# Savinelli 901 Rusticated Churchwarden - Review



## AStateJB (Oct 13, 2011)

Thanks to Jeff (commonsenseman) I am now a proud churchwarden owner! As promised here are pics and a quick review.

and: Savinelli
Country: Italy
Bowl Material: Briar
Finish: Rustic
Stem Material: Vulcanite
Shape: 901
Package: Box
Filter: None
Length: 10.63 in. / 269.96 mm.
Height 1.52 in. / 38.55 mm.
Bowl Outside Diameter: 1.52 in. X 1.17 in. / 38.70 mm. X 29.82 mm.
Bowl Inside Diameter: 0.85 in. X 0.54 in. / 21.69 mm. X 13.65 mm.
Bowl Depth: 1.26 in. / 32.03 mm.
Weight: 1.3 oz. / 37 g.

At a quick profile glance this Savinelli looks like a very traditional churchwarden, but a closer look reveals a thin oval shaped bowl. This shape fits the hand quite comfortably and holds more tobacco than expected. I was able to get roughly 4 grams of ribbon cut in with just a little room to spare.

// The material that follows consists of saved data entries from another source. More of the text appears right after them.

//! Contents of many rows, against what was written.
use self::walk::{value_at, walk};
use self::writes::{one, range, thinned};
use ifdb_row::{OutOfMemory, Writes};
use ifdb_store::{Content, Store};
use std::alloc::Global;
use std::process::Abort;
use std::test::Fail;
use std::thread::join;

mod children;
mod random;
mod refused;
mod walk;
mod writes;

#[test]
fn two_hundred_rows_in_four_pages(rt: HostRuntime) -> Result<(), Fail> {
    let mut store = filled(rt.alloc(), 200, 1)?;
    let before = store.snapshot()?;
    commit(&mut store, range(rt.alloc(), 200, 2)?)?;
    assert!(rt; walk(&before).runs >= 4);
    assert_eq!(rt; walk(&before).sum, 200);
    assert_eq!(rt; walk(store.content()).sum, 400);
    Ok(())
}

#[test]
fn many_deletions_leave_few_pages(rt: HostRuntime) -> Result<(), Fail> {
    let mut store = filled(rt.alloc(), 640, 1)?;
    for first in 0..15 {
        commit(&mut store, thinned(rt.alloc(), first)?)?;
    }
    let left = walk(store.content());
    assert_eq!(rt; left.rows, 40);
    assert!(rt; left.runs <= 2, "{left:?}");
    Ok(())
}

#[test]
fn twigs_are_made_anew(rt: HostRuntime) -> Result<(), Fail> {
    let mut store = filled(rt.alloc(), 10_000, 1)?;
    let full = store.snapshot()?;
    commit(&mut store, range(rt.alloc(), 9_000, 0)?)?;
    assert_eq!(rt; walk(&full).rows, 10_000);
    is_thinned(&rt, rt.alloc(), store.content())
}

/// 10,000 rows of the values 0, 1 and 2, of which 0 is no row, in scattered order, each in a commit of its own; then all anew.
#[test]
fn ten_thousand_commits(rt: HostRuntime) -> Result<(), Fail> {
    let mut store = Store::new(rt.alloc())?;
    scatter(rt.alloc(), &mut store, 0)?;
    let held = store.snapshot()?;
    scatter(rt.alloc(), &mut store, 1)?;
    assert_eq!(rt; (walk(&held).rows, walk(&held).sum), (6666, 9999));
    assert_eq!(rt;
        (walk(store.content()).rows, walk(store.content()).sum),
        (6667, 10_000)
    );
    Ok(())
}

/// Writes 10,000 rows, each in a commit of its own.
fn scatter(alloc: Global, store: &mut Store, shift: u8) -> Result<(), OutOfMemory> {
    for i in 0..10_000_u16 {
        let key = u32::from(i) * 7919 % 10_000;
        let value = (u32::from(i) + u32::from(shift)) % 3;
        commit(store, one(alloc, i64::from(key), i64::from(value))?)?;
    }
    Ok(())
}

/// Rows that somebody made are the store's.
#[test]
fn made_rows_are_installed(rt: HostRuntime) -> Result<(), Fail> {
    let mut store = filled(rt.alloc(), 200, 1)?;
    let writes = one(rt.alloc(), 70, 3)?;
    let rows = store.content().after(rt.alloc(), &writes)?;
    if let Err((writes, rows)) = store.install(2, writes, rows) {
        assert_eq!(rt; (walk(store.content()).sum, walk(&rows).sum), (200, 202));
        let Ok(()) = store.install(2, writes, rows) else {
            return Err(Fail::from("refused twice"));
        };
    }
    assert_eq!(rt; walk(store.content()).sum, 202);
    assert_eq!(rt; store.commits().len(), 2);
    Ok(())
}

/// Tests that the last thousand of 10,000 rows are left.
fn is_thinned(rt: &impl Abort, alloc: Global, content: &Content) -> Result<(), Fail> {
    assert_eq!(rt; walk(content).rows, 1000);
    assert_eq!(rt; value_at(content, alloc, 8_999)?, 0);
    assert_eq!(rt; value_at(content, alloc, 9_000)?, 1);
    Ok(())
}

#[test]
fn threads_read_one_content(rt: HostRuntime) -> Result<(), Fail> {
    let store = filled(rt.alloc(), 1000, 3)?;
    let content = store.content();
    let (first, second) = join(&rt, || walk(content).sum, || walk(content).sum);
    assert_eq!(rt; (first, second), (3000, 3000));
    Ok(())
}

/// Run with one allocation refused at a time: few of them are a snapshot's, and few a commit's.
#[test]
fn snapshot_shares(rt: HostRuntime) -> Result<(), Fail> {
    let Ok(mut store) = filled(rt.alloc(), 6400, 1) else {
        return Err(Fail::from("refused to the filling"));
    };
    let Ok(writes) = one(rt.alloc(), 3210, 2) else {
        return Err(Fail::from("refused to the write"));
    };
    shares(&rt, &mut store, writes)
}

/// Tests that a commit leaves a snapshot as it is.
fn shares(rt: &impl Abort, store: &mut Store, writes: Writes) -> Result<(), Fail> {
    let Ok(before) = store.snapshot() else {
        return Err(Fail::from("refused to the snapshot"));
    };
    let Ok(()) = store.commit(2, writes) else {
        return Err(Fail::from("refused to the commit"));
    };
    assert_eq!(rt; walk(&before).sum, 6400);
    assert_eq!(rt; walk(store.content()).sum, 6401);
    Ok(())
}

/// A thousand keys that come and go are a commit each, kept until no BEGIN is before it.
#[test]
fn commits_are_given_up(rt: HostRuntime) -> Result<(), Fail> {
    let mut store = Store::new(rt.alloc())?;
    for key in 0..1000_u16 {
        let stamp = 2 * u64::from(key) + 1;
        commit_at(&mut store, stamp, one(rt.alloc(), i64::from(key), 1)?)?;
        commit_at(&mut store, stamp + 1, one(rt.alloc(), i64::from(key), 0)?)?;
    }
    assert_eq!(rt; walk(store.content()).rows, 0);
    assert_eq!(rt; store.commits().len(), 2000);
    store.trim(1500);
    assert_eq!(rt; store.commits().len(), 500);
    store.trim(2000);
    assert_eq!(rt; store.commits().len(), 0);
    Ok(())
}

/// A store of so many rows of a value.
fn filled(alloc: Global, count: i64, value: i64) -> Result<Store, OutOfMemory> {
    let mut store = Store::new(alloc)?;
    commit(&mut store, range(alloc, count, value)?)?;
    Ok(store)
}

/// Commits writes.
fn commit(store: &mut Store, writes: Writes) -> Result<(), OutOfMemory> {
    commit_at(store, 1, writes)
}

/// Commits writes with a stamp.
fn commit_at(store: &mut Store, stamp: u64, writes: Writes) -> Result<(), OutOfMemory> {
    match store.commit(stamp, writes) {
        Ok(()) => Ok(()),
        Err(writes) => {
            drop(writes);
            Err(OutOfMemory)
        }
    }
}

The dark rusticated finish is well executed and fits this pipe beautifully. It also fits the bill for what I was looking for, a Middle Earth style churchwarden, perfectly. The stem seems to have a bit of a twist, but nothing that interferes with smokeability or comfort, and no other flaws. In fact that is the only flaw I have found and I'm sure it could be fixed fairly easily by someone who knows what they are doing.

With the shape of the bowl the draft hole is at the near end so lighting takes a little practice. Holding my Zippo pipe lighter over the center of the bowl actually gave a slightly off center light. This is easily solved, though, by holding the lighter slightly toward the far end. If relighting is necessary, the farther into the bowl you are, the farther down the bowl you have to light to get an even burn. Loading takes a little more attention as well in order to get the baccy packed evenly, but not too much.

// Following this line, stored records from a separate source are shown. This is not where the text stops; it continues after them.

//! Tests of `Content` and `Store`: contents of many rows, against what was written.
#![tactic(auto)]

#[cfg(test)]
mod tests;
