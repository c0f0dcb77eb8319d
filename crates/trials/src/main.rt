// Random requests and random hits on shelves of many lengths, each answer and each mending held against a
// plain list of who holds what. The seeds are fixed; SEED COUNT runs so many shelves from a seed of one's own.
#![tactic(auto)]

mod asking;
mod counts;
mod hitting;
mod judging;
mod list;
mod trial;

use counts::Counts;
use std::env;
use trial::Trial;

const SEED: u64 = 1;

const SHELVES: u64 = 4000;

// A trial; a difference is printed with the shelf before and after.
fn run_trial(rt: &HostRuntime, counts: &mut Counts, seed: u64, number: u64) -> anyhow::Result<()> {
    let mut trial = Trial::new(rt.alloc(), counts, seed, number)?;
    let outcome = trial.run_rounds();
    if let Err(what) = &outcome {
        println!(rt; "seed {seed} shelf {number}: {what}")?;
        println!(rt; "before {:?}", trial.before)?;
        println!(rt; "after {:?}", trial.shelf)?;
    }
    outcome
}

fn run_trials(rt: &HostRuntime, seed: u64, shelves: u64) -> anyhow::Result<()> {
    let mut counts = Counts::default();
    for number in 0..shelves {
        run_trial(rt, &mut counts, seed, number)?;
    }
    println!(rt; "shelves {shelves} {counts}")?;
    println!(rt; "nothing wrong")?;
    Ok(())
}

// The next argument, or a number where there is none.
fn next_number(arguments: &mut env::Args, otherwise: u64) -> anyhow::Result<u64> {
    match arguments.next() {
        Some(text) => Ok(text.as_str().parse()?),
        None => Ok(otherwise),
    }
}

fn main(rt: HostRuntime) -> anyhow::Result<()> {
    let mut arguments = env::args(&rt)?;
    // the program's name
    let _ = arguments.next();
    let seed = next_number(&mut arguments, SEED)?;
    let shelves = next_number(&mut arguments, SHELVES)?;
    run_trials(&rt, seed, shelves)
}
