// What a run has counted.
use std::fmt;

#[derive(Clone, Copy, Default)]
pub struct Counts {
    pub requests: u64,
    pub refused: u64,
    pub no_room: u64,
    pub hits: u64,
    pub mendings: u64,
    // holdings that stand after a mending as they stood before the hits
    pub kept: u64,
    // holdings of before that don't
    pub lost: u64,
    // blocks that stand after a mending and did not before
    pub forged: u64,
}

impl fmt::Display for Counts {
    fn fmt<W: fmt::Write>(&self, f: &mut fmt::Formatter<W>) -> fmt::Result {
        writeln!(
            f,
            "requests {} refused {} no room {}",
            self.requests, self.refused, self.no_room
        )?;
        write!(
            f,
            "hits {} mendings {} kept {} lost {} forged {}",
            self.hits, self.mendings, self.kept, self.lost, self.forged
        )
    }
}

// One more.
pub fn count(number: &mut u64) {
    *number = number.wrapping_add(1);
}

Once well lit this pipe smokes like a dream. It did develop some gurgle but that was the fault of wet baccy, not the pipe. The smoke was cool just like it should be from a churchwarden. I did have several relights, but once again, not the fault of the pipe, and when I was done there was very little dottle.



















Thanks for reading and happy piping! p


----------



## Packerjh (Nov 29, 2009)

Well done and a fantastic pipe!


----------



## AStateJB (Oct 13, 2011)

Thanks, Jason.


----------



## mcgreggor57 (Nov 3, 2011)

Great review. Did the extra length feel odd?


----------



## AStateJB (Oct 13, 2011)

mcgreggor57 said:


> Great review. Did the extra length feel odd?

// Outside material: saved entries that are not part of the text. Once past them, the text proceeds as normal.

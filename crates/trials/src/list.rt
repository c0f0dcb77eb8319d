// A plain list of who holds what, beside a shelf: what a request should answer is told from it alone.
use block::{Shelf, row_at};
use dispatch::Request;
use random::Random;
use requests::{Done, Refusal};
use shelf::{Item, Walk};
use std::alloc::{AllocError, Global};
use std::iter;

// What somebody holds, and where.
#[derive(PartialEq, Eq, Drop)]
pub struct Holding {
    pub owner: u64,
    pub place: usize,
    pub row: Vec<u32>,
}

impl Holding {
    // The place behind it.
    pub fn end(&self) -> usize {
        self.place
            .wrapping_add(Shelf::HEAD)
            .wrapping_add(self.row.len())
    }

    // Whether it shares a cell with another.
    fn overlaps(&self, other: &Holding) -> bool {
        other.place < self.end() && self.place < other.end()
    }

    // Whether it shares no cell with any holding elsewhere.
    pub fn is_apart(&self, others: &[Holding]) -> bool {
        others
            .iter()
            .all(|other| other.place == self.place || !self.overlaps(other))
    }
}

// An owner or a cell's new number may not be past the limit.
fn below_limit(number: u64) -> Result<(), Refusal> {
    if number >= Shelf::LIMIT as u64 {
        return Err(Refusal::TooLarge);
    }
    Ok(())
}

// All that is held on a shelf of so many cells.
#[derive(Drop)]
pub struct List {
    // Not a map: holders are drawn by index, and of what stands on a shelf somebody may have two.
    pub holdings: Vec<Holding>,
    cells: usize,
}

impl List {
    pub fn new(heap: Global, cells: usize) -> List {
        List {
            holdings: Vec::new(heap),
            cells,
        }
    }

    // The blocks in use that stand along a shelf.
    pub fn standing(heap: Global, shelf: &[u32]) -> Result<List, AllocError> {
        let mut list = List::new(heap, shelf.len());
        for item in Walk::new(shelf) {
            if let Item::InUse { place, owner, .. } = item {
                let row = Vec::from_slice(heap, row_at(shelf, place))?;
                let owner = u64::from(owner);
                list.holdings.push(Holding { owner, place, row })?;
            }
        }
        Ok(list)
    }

    // Any of the holdings.
    pub fn draw(&self, random: &mut Random) -> Option<&Holding> {
        self.holdings.get(random.place(self.holdings.len()))
    }

    // Somebody's holding.
    pub fn held_by(&self, owner: u64) -> Option<&Holding> {
        self.holdings.iter().find(|holding| holding.owner == owner)
    }

    // Whether somebody has just this holding.
    pub fn has(&self, holding: &Holding) -> bool {
        self.held_by(holding.owner)
            .is_some_and(|listed| *listed == *holding)
    }

    // Where the first holding begins from a place on, or the shelf's end.
    fn next_begin(&self, from: usize) -> usize {
        self.holdings
            .iter()
            .map(|holding| holding.place)
            .filter(|place| *place >= from)
            .min()
            .unwrap_or(self.cells)
    }

    // Whether a row of so many cells fits with its head between a place and the next holding.
    fn fits(&self, from: usize, long: u64) -> bool {
        let gap = self.next_begin(from).saturating_sub(from) as u64;
        gap >= long.saturating_add(Shelf::HEAD as u64)
    }

    // The first place with room: the shelf's first cell or the end of a holding.
    fn room_for(&self, long: u64) -> Option<usize> {
        let ends = self.holdings.iter().map(|holding| holding.end());
        iter::once(0)
            .chain(ends)
            .filter(|from| self.fits(*from, long))
            .min()
    }

    // The holding of somebody who should have one.
    fn holder(&self, whose: u64) -> Result<&Holding, Refusal> {
        below_limit(whose)?;
        self.held_by(whose).ok_or(Refusal::HoldsNone)
    }

    fn answer_to_take(&self, whose: u64, long: u64) -> Result<Done, Refusal> {
        below_limit(whose)?;
        if self.held_by(whose).is_some() {
            return Err(Refusal::HoldsOne);
        }
        if long > Shelf::MOST as u64 {
            return Err(Refusal::OutOfRange);
        }
        Ok(self.room_for(long).map_or(Done::NoRoom, |_| Done::Taken))
    }

    fn answer_to_give(&self, whose: u64) -> Result<Done, Refusal> {
        self.holder(whose)?;
        Ok(Done::Given)
    }

    fn answer_to_set(&self, whose: u64, cell: u64, to: u64) -> Result<Done, Refusal> {
        below_limit(to)?;
        if cell >= self.holder(whose)?.row.len() as u64 {
            return Err(Refusal::OutOfRange);
        }
        Ok(Done::Set)
    }

    // What a request should answer where the shelf is sound.
    // Not closures: the same request is asked of the shelf and of the list.
    pub fn answer_to(&self, request: Request) -> Result<Done, Refusal> {
        match request {
            Request::Take { whose, long } => self.answer_to_take(whose, long),
            Request::Give { whose } => self.answer_to_give(whose),
            Request::Set { whose, cell, to } => self.answer_to_set(whose, cell, to),
            Request::Mend => Ok(Done::Saved),
        }
    }

    // A new holding of noughts where the first room is.
    fn add(&mut self, whose: u64, long: u64) -> Result<(), AllocError> {
        if let Some(place) = self.room_for(long) {
            let row = vec![in *self.holdings.allocator(); 0; long as usize]?;
            self.holdings.push(Holding {
                owner: whose,
                place,
                row,
            })?;
        }
        Ok(())
    }

    fn remove(&mut self, whose: u64) {
        let index = self
            .holdings
            .iter()
            .position(|holding| holding.owner == whose);
        if let Some(index) = index {
            let _ = self.holdings.swap_remove(index);
        }
    }

    // Sets a cell of somebody's row.
    fn set(&mut self, whose: u64, cell: u64, to: u64) {
        let holding = self
            .holdings
            .iter_mut()
            .find(|holding| holding.owner == whose);
        if let Some(x) = holding.and_then(|holding| holding.row.get_mut(cell as usize)) {
            *x = (to % Shelf::MARK as u64) as u32;
        }
    }

    // Makes the list what it is after a request that was carried out.
    pub fn note_done(&mut self, request: Request) -> Result<(), AllocError> {
        match request {
            Request::Take { whose, long } => self.add(whose, long)?,
            Request::Give { whose } => self.remove(whose),
            Request::Set { whose, cell, to } => self.set(whose, cell, to),
            Request::Mend => {}
        }
        Ok(())
    }
}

Only when I was lighting... Other than that it was actually pretty comfortable. It kept my arm in a more relaxed position and I could get lazy and rest my elbow on my desk without really having to lean forward. :lol:


----------



## commonsenseman (Apr 18, 2008)

Great review!


----------



## AStateJB (Oct 13, 2011)

Thanks, Jeff.  And thanks again for the pipe!


----------



## Merkonakis (Nov 10, 2012)

Beautiful pipe and nice review!


----------



## AStateJB (Oct 13, 2011)

Thank you, Scott.


----------



## Desertlifter (Feb 22, 2011)

Nice review - what tobacco did you use?


----------



## AStateJB (Oct 13, 2011)

Thanks, Brian. The inaugural bowl was Longbottom Leaf from Just For Him. It seemed fitting.


----------



## Packerjh (Nov 29, 2009)

Awesome...Longbottom...should be from the Shire!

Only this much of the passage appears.